Your instructions – State only how many lines below include the string "over".

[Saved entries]
* * * *
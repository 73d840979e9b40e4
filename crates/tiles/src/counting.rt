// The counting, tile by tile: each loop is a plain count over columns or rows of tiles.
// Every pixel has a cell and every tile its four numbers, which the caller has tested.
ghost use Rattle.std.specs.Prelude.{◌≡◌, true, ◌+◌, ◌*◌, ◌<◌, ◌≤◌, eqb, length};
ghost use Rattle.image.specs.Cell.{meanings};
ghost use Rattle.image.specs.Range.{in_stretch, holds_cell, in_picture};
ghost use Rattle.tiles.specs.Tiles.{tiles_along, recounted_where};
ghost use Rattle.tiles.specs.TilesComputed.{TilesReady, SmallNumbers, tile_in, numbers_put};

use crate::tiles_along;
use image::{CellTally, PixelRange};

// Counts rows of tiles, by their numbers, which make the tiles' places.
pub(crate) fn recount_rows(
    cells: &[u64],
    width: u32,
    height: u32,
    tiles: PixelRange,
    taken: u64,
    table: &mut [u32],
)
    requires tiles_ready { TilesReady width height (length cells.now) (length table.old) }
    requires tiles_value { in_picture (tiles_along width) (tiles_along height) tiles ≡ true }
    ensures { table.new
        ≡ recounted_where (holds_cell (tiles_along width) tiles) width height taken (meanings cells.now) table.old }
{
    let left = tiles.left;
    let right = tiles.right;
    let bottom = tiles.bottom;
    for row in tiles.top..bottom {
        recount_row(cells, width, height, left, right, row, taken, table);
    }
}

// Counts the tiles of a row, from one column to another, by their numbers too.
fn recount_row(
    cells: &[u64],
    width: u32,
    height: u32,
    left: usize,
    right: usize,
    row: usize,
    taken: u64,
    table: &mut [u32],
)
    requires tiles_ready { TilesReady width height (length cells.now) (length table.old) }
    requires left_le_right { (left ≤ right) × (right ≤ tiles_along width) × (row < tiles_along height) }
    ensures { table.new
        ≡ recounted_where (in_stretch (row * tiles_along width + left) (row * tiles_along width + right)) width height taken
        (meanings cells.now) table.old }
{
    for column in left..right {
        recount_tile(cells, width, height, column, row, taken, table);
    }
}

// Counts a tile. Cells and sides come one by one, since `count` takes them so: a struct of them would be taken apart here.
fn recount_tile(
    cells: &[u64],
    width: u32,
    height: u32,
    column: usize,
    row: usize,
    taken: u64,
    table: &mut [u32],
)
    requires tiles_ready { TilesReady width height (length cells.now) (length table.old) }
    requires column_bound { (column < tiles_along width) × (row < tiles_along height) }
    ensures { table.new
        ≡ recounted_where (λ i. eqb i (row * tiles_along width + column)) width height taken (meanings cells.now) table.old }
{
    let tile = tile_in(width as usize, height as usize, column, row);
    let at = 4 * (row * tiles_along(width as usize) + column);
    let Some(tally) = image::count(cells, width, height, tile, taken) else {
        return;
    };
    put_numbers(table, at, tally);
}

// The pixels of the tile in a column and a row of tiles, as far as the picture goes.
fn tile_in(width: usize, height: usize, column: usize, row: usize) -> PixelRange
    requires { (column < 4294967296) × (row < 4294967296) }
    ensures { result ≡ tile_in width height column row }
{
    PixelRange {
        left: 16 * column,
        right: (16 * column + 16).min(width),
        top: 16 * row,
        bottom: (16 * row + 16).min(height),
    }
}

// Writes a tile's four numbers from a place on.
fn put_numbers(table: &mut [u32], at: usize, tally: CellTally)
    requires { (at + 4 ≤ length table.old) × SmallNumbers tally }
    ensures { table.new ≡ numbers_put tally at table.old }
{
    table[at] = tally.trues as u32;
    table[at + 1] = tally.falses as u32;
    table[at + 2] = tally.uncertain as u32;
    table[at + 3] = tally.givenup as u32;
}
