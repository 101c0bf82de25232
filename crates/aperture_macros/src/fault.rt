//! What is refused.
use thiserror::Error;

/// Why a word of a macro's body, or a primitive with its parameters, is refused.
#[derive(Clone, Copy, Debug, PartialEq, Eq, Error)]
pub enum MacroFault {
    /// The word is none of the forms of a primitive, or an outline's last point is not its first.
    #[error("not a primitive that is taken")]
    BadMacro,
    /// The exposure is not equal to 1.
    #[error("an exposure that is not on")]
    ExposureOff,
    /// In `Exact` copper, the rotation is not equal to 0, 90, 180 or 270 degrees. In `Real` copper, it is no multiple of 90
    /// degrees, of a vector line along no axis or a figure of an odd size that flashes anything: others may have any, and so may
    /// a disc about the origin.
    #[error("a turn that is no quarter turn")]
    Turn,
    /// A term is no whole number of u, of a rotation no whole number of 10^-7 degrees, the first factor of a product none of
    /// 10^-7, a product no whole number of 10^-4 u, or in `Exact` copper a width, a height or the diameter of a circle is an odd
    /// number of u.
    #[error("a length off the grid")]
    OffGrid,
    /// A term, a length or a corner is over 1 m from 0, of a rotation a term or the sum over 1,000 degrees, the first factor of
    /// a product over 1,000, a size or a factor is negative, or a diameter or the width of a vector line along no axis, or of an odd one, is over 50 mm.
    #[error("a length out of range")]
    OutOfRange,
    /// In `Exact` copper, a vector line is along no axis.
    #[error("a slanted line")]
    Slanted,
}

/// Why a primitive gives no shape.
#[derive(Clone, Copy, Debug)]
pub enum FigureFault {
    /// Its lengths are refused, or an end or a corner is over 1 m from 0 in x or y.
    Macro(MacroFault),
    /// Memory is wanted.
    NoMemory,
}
* * * *
Result for this exercise – 4